● **To do**: Please say how many lines of the listing hold "Adds", with no other words in the answer.

● **Information supplied**:
========

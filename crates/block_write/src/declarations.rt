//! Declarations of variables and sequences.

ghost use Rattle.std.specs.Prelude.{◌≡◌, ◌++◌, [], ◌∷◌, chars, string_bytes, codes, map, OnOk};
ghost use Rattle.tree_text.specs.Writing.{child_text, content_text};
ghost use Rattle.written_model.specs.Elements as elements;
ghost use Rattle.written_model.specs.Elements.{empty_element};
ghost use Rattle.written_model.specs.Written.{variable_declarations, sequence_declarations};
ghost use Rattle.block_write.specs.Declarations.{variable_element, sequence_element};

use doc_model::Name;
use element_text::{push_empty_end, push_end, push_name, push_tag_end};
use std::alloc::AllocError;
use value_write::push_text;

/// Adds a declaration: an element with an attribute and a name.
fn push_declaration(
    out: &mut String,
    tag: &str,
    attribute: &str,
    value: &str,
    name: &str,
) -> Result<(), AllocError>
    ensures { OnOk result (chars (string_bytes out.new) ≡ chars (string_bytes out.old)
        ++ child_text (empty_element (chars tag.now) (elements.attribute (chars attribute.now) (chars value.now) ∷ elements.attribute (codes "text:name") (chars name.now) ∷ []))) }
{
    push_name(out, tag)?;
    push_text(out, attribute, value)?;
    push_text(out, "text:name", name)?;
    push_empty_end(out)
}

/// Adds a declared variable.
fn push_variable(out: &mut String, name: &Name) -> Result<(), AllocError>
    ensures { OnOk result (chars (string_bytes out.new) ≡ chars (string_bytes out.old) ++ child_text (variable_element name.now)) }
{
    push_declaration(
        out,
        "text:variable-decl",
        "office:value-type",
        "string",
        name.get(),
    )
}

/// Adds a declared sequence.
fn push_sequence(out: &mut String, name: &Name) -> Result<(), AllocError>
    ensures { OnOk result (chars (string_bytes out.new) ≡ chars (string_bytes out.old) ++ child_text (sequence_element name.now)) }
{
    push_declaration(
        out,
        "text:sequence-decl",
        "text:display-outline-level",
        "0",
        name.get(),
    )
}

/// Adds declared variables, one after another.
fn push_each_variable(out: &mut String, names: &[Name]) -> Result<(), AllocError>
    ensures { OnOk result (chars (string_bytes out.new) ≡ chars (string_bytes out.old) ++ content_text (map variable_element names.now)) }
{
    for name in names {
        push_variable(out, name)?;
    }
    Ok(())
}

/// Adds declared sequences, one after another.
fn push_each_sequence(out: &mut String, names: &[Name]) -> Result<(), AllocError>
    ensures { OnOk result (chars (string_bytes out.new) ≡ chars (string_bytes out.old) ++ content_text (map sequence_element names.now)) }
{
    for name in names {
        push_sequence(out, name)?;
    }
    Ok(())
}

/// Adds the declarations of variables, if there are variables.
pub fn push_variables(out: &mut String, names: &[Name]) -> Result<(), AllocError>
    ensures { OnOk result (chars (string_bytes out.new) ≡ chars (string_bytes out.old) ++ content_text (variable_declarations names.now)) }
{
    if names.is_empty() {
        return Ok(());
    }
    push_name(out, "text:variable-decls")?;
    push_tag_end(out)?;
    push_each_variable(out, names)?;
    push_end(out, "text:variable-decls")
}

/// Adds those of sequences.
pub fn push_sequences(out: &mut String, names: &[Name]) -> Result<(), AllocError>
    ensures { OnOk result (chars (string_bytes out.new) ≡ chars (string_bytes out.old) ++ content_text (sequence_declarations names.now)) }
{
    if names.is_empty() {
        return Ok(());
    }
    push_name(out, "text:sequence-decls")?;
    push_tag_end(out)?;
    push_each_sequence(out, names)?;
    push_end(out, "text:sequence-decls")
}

========

● **The completed task**: 7